Researchers at Google Research have proposed a new approach to neural network rendering of volumetric scenes based on conventional planar photographs. They showed that using raw footage without preprocessing allows for much greater dynamic range and noise reduction, which can be used to suppress noise and create HDR images, not just create shots from new angles, says N+1.
In 2020, a group of American researchers, which included the head of the new work, Jonathan Barron, presented the NeRF neural network rendering method, which showed excellent results and gained popularity among other researchers. Unlike most neural network algorithms, the NeRF model is trained not on many different data in order to work well in different conditions, but on several tens or hundreds of photographs of the same scene or object taken from different angles.

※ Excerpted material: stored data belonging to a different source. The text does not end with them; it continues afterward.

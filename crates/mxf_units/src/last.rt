//! The last edit unit of an index (ST 377-1, Index Table Segment).
ghost use Rattle.std.specs.Prelude.{◌≡◌, ◌+◌, ◌^◌, ◌<◌, ◌≤◌, ◌↔◌, ℕ, IsTrue, List, MatchOption, unsigned_abs};
ghost use Rattle.mxf_klv.specs.Parts.{NoteParts};
ghost use Rattle.mxf_units.specs.LastUnits.{GivesPlace, HasNoLastUnit, IsEndless, IsLastUnit, IsLastWith, NoneWith};

use mxf_sets::Segment;
use mxf_views::Views;

/// The greatest edit unit: segments state theirs as signed numbers of eight bytes.
const GREATEST_UNIT: u64 = 9_223_372_036_854_775_807;

/// The last edit unit of the index of an IndexSID: the greatest one, at or below 9,223,372,036,854,775,807, to which a
/// segment gives a place. None if no segment gives one, or if a segment is endless: its units have one size and its
/// duration is 0. It takes no memory, and time for each segment.
pub fn last_unit(views: &Views, index_sid: u32) -> Option<u64>
    ensures { MatchOption result (HasNoLastUnit views.now index_sid) (IsLastUnit views.now index_sid) }
{
    let mut last = None;
    for segment in views.segments() {
        if segment.segment.numbers().index_sid == index_sid {
            if is_endless(&segment.segment) {
                return None;
            }
            if let Some(unit) = last_of(&segment.segment) {
                last = Some(unit.max(last.unwrap_or(0)));
            }
        }
    }
    last
}

/// Whether a segment is endless: its units have one size, and its duration is 0.
fn is_endless(segment: &Segment<'_>) -> bool
    ensures { IsTrue result ↔ IsEndless segment.now }
{
    let numbers = segment.numbers();
    numbers.unit_bytes > 0 && numbers.duration == 0
}

/// The last unit, of those that can be asked for, to which a segment that isn't endless gives a place.
fn last_of(segment: &Segment<'_>) -> Option<u64>
    requires { ¬ IsEndless segment.now }
    ensures { MatchOption result (NoneWith (GivesPlace segment.now)) (IsLastWith (GivesPlace segment.now)) }
{
    let count = placed_count(segment);
    if count == 0 {
        return None;
    }
    let start = segment.numbers().start.unsigned_abs();
    Some((start + (count - 1)).min(GREATEST_UNIT))
}

/// How many units, one after another from its start on, a segment that isn't endless gives places.
fn placed_count(segment: &Segment<'_>) -> u64
    requires { ¬ IsEndless segment.now }
    ensures units { (unit : ℕ) → GivesPlace segment.now unit
        ↔ ((unsigned_abs segment.now.numbers.start ≤ unit)
        × (unit < unsigned_abs segment.now.numbers.start + result)) }
    ensures bound { result < 2 ^ 63 }
{
    let numbers = segment.numbers();
    let duration = numbers.duration.unsigned_abs();
    if numbers.unit_bytes > 0 {
        duration
    } else {
        duration.min(segment.entry_count() as u64)
    }
}

/// A law of [`last_unit`]: an index that has a last unit has one alone, and isn't one that has none.
pub fn one_last_unit()
    ensures one { (notes : List NoteParts) (index_sid a b : ℕ) → IsLastUnit notes index_sid a
        → IsLastUnit notes index_sid b → a ≡ b }
    ensures none { (notes : List NoteParts) (index_sid last : ℕ) → IsLastUnit notes index_sid last
        → ¬ HasNoLastUnit notes index_sid }
{}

Thanks to this, the model very well remembers this particular scene and can generate its images from new angles, while maintaining the shape of objects, reflections, transparency and other properties. When generating a new photograph, the model receives a point in space and an angle of observation, and in response gives the values of the density and color of space along the resulting ray. This is how one pixel is formed, then the same is repeated for the rest.

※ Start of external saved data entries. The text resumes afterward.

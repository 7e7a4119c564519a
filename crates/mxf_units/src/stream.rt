//! Places in essence streams (ST 377-1, Index Table Segment).
ghost use Rattle.std.specs.Prelude.{◌≡◌, ◌&&◌, ◌||◌, ◌==◌, nat_le, nat_lt, [], IfOk, IfSome, ◌<◌, ◌^◌};
ghost use Rattle.mxf_klv.specs.Rising.{IsRising};
ghost use Rattle.mxf_views.specs.Places.{place_cmp};
ghost use Rattle.mxf_units.specs.Streams.{in_order, least_above, lesser, offset_in, offsets_in};

use mxf_klv::sort_once;
use mxf_views::StreamPlace;

/// The places in their order, each once.
pub(crate) fn in_order(mut places: Vec<StreamPlace>) -> Vec<StreamPlace>
    ensures { result.items ≡ in_order places.items }
{
    sort_once(&mut places);
    places
}

/// The lesser of two offsets, if there are any.
pub(crate) fn lesser(first: Option<u128>, second: Option<u128>) -> Option<u128>
    ensures { result ≡ lesser first second }
{
    match (first, second) {
        (Some(first), Some(second)) => Some(first.min(second)),
        (Some(first), None) => Some(first),
        (None, second) => second,
    }
}

/// The offset of the place, if it is one of the stream.
pub(crate) fn offset_in(place: StreamPlace, body_sid: u32) -> Option<u128>
    ensures { result ≡ offset_in body_sid place }
{
    if place.body_sid == body_sid {
        Some(place.offset)
    } else {
        None
    }
}

/// The least offset above another of places in a stream, in bytes: a binary search.
pub(crate) fn first_above(places: &[StreamPlace], body_sid: u32, offset: u128) -> Option<u128>
    requires { IsRising place_cmp places.now }
    ensures { result ≡ least_above offset (offsets_in body_sid places.now) }
{
    let passed = places.partition_point(|place| {
        place.body_sid < body_sid || (place.body_sid == body_sid && place.offset <= offset)
    });
    let (_, above) = places.split_at(passed);
    offset_in(*above.first()?, body_sid)
}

Previously, regular photographs were used to train NeRF models, which had already been preprocessed in the camera. A group of researchers from Google Research led by Barron suggested using raw data in RAW format to train NeRF models. Such photographs have more noise and they have not yet been debayered, in which the algorithm interpolates the colors of each pixel (in the photomatrix, there is a filter of one of the three primary colors in front of each photodiode, so they register the intensity of only one color). However, they contain the most reliable, and not “average” data, moreover, in a wider dynamic range, notes NIX Solutions.

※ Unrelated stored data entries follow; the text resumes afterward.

impl<'a> Units<'a> {
    /// The units of the index of an IndexSID, if some bytes of the file are at hand beside what is held. It takes
    /// memory: n log n of the notes and the index entries, as its time does.
    pub fn of(
        alloc: Global,
        views: &'a Views,
        at_hand: &'a AtHand,
        index_sid: u32,
    ) -> Result<Units<'a>, OutOfMemory>
        ensures { IfOk result (λ u. u
            ≡ record { known = record { notes = views.now; at = at_hand.now }; index_sid = index_sid }) }
    {
        let holdings = Holdings::of(alloc, views)?;
        let known = known_of(alloc, &holdings, at_hand)?;
        let beside = beside_essence(alloc, &holdings)?;
        let segments = IndexSegments::of(alloc, segments_for(alloc, views, index_sid)?)?;
        let places = NextPlaces::of(alloc, segments.all())?;
        let parts = parts_of(alloc, &holdings)?;
        Ok(Units {
            holdings,
            at_hand,
            known,
            beside,
            index_sid,
            segments,
            places,
            parts,
        })
    }

    /// What is held of the file.
    pub fn holdings(&self) -> &Holdings<'a>
        ensures { result.now ≡ self.now.known.notes }
    {
        &self.holdings
    }

    /// What is at hand beside that.
    pub fn at_hand(&self) -> &'a AtHand
        ensures { result.now ≡ self.now.known.at }
    {
        self.at_hand
    }

    /// The offsets that are held or at hand.
    pub fn known(&self) -> &Cover
        ensures { AreKnown self.now.known result.now }
    {
        &self.known
    }

    /// Those of the segments of the index that say all that any of them says.
    pub(crate) fn segments(&self) -> &[SegmentAt<'a>]
        ensures { SayAll (segments_for self.now.known.notes self.now.index_sid) result.now }
    {
        self.segments.all()
    }

    /// The offsets where no essence can lie.
    pub(crate) fn beside(&self) -> &Cover
        ensures { AreBesideEssence self.now.known.notes result.now }
    {
        &self.beside
    }

    /// The IndexSID.
    pub fn index_sid(&self) -> u32
        ensures { result ≡ self.now.index_sid }
    {
        self.index_sid
    }

    /// The partitions as parts of their streams, from the last to the first: by BodySID, then by BodyOffset, then those
    /// with a first packet before the others.
    pub fn parts(&self) -> &[StreamPart]
        ensures { result.now ≡ parts_of self.now.known.notes }
    {
        &self.parts
    }

    /// The place of a unit in its stream, if the segments that give one agree, or how it stands without. It takes no
    /// memory.
    pub fn place(&self, unit: u64) -> Result<StreamPlace, UnitStanding>
        ensures { result ≡ place_of (segments_for self.now.known.notes self.now.index_sid) unit }
    {
        place_of(self.segments_near(unit), unit)
    }

    /// Where a unit lies and the essence zone that it is looked for in, as far as that is known, or how it stands if it
    /// isn't. It takes no memory.
    #[tactic(auto, unfolding(crate::specs::Units::location_of))]
    pub fn location(&self, unit: u64) -> Result<Location, UnitStanding>
        ensures { result ≡ location_of self.now.known.notes self.now.index_sid unit }
    {
        self.location_of(unit, place_of(self.segments_near(unit), unit))
    }

    /// The segments that may have a unit: those that give it a place and an entry are among them.
    fn segments_near(&self, unit: u64) -> &[SegmentAt<'a>]
        ensures place { place_of result.now unit ≡ place_of (segments_for self.now.known.notes self.now.index_sid) unit }
        ensures entry { entry_of result.now unit ≡ entry_of (segments_for self.now.known.notes self.now.index_sid) unit }
        ensures given { (p : StreamPlace)
            → is_given p unit result.now ≡ is_given p unit (segments_for self.now.known.notes self.now.index_sid) }
    {
        self.segments.near(unit)
    }

    /// Where a unit lies, by its place in its stream, as far as that is known.
    fn location_of(
        &self,
        unit: u64,
        place: Result<StreamPlace, UnitStanding>,
    ) -> Result<Location, UnitStanding>
        requires { ForOk place IsSmall }
        ensures location { result ≡ location_at (parts_of self.now.known.notes)
            (segments_for self.now.known.notes self.now.index_sid) unit place }
        ensures small { IfOk result (λ l. l.extent.start + 1 < 2 ^ 128) }
    {
        let place = place?;
        let zone = zone_at(&self.parts, place.body_sid, place.offset)?;
        let end = self.end_place(unit, place, zone);
        Ok(Location {
            zone,
            extent: extent_in(zone, place.offset, end),
        })
    }

    /// The place up to which a unit reaches, in bytes: the next one of its stream. One behind the limit of the zone
    /// counts for nothing, unless the unit after this one has it: it is that of a unit in a later partition, and
    /// segments of units between aren't held.
    fn end_place(&self, unit: u64, place: StreamPlace, zone: EssenceZone) -> Option<u128>
        requires { IsSmall place }
        ensures end { result ≡ end_place (segments_for self.now.known.notes self.now.index_sid) zone unit
            place.body_sid place.offset }
        ensures small { IfSome result (λ n. n + 2 ^ 96 ≤ 2 ^ 128) }
    {
        let body_sid = place.body_sid;
        let offset = self.places.behind(place)?;
        if is_behind(zone, offset) && !self.has_next_unit(unit, StreamPlace { body_sid, offset }) {
            return None;
        }
        Some(offset)
    }

    /// Whether a segment of the index gives the unit after this one the place.
    fn has_next_unit(&self, unit: u64, place: StreamPlace) -> bool
        ensures { result ≡ has_next_unit (segments_for self.now.known.notes self.now.index_sid) unit place }
    {
        match unit.checked_add(1) {
            Some(next) => is_given(place, next, self.segments_near(next)),
            None => false,
        }
    }

    /// The TemporalOffset of the entry of a unit, as [`Units::unit`] says it: in edit units, -128 to 127. It takes no
    /// memory, and looks at no packet.
    #[tactic(auto, unfolding(crate::specs::Units::unit_of))]
    pub fn temporal(&self, unit: u64) -> Option<i8>
        ensures { result ≡ (unit_of self.now.known self.now.index_sid unit).temporal }
    {
        entry_of(self.segments_near(unit), unit).map(|entry| entry.temporal_offset)
    }

    /// The unit with a number. Units are counted from 0 as they are stored. It takes no memory, and some binary
    /// searches, with a look at each segment of the index that overlaps there.
    pub fn unit(&self, unit: u64) -> EditUnit
        ensures { result ≡ unit_of self.now.known self.now.index_sid unit }
    {
        self.placed(unit).unit
    }

    /// The unit with a number, its place in its stream, and where it is looked for, which is looked up once. It takes no
    /// memory.
    #[tactic(auto, unfolding(crate::specs::Units::unit_of, crate::specs::Units::location_of))]
    pub fn placed(&self, unit: u64) -> PlacedUnit
        ensures unit { result.unit ≡ unit_of self.now.known self.now.index_sid unit }
        ensures place { result.place ≡ place_of (segments_for self.now.known.notes self.now.index_sid) unit }
        ensures location { result.location ≡ location_of self.now.known.notes self.now.index_sid unit }
    {
        let segments = self.segments_near(unit);
        let place = place_of(segments, unit);
        let location = self.location_of(unit, place);
        let standing = standing_by(&self.holdings, &self.known, &self.beside, location);
        let entry = entry_of(segments, unit);
        PlacedUnit {
            unit: unit_by(unit, standing, extent_by(standing, location), entry),
            place,
            location,
        }
    }
}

In fact, the researchers used the same approach that smartphones already use for low-light photography: the camera takes several pictures with a lot of noise, and then creates one frame from them, which contains useful information from individual noisy pictures. NeRF was originally designed to form a single representation of a scene from many separate frames, so the researchers assumed that it would be able to extract useful information from noisy photographs in the same way, and they were right.
The authors trained models for different scenes on hundreds of shots from different angles, and then compared them with algorithms for noise suppression based on machine learning algorithms. It turned out that NeRF models trained on one scene show comparable results with algorithms trained on huge datasets. In addition, the authors showed how models allow you to control exposure and create HDR images, as well as change focus.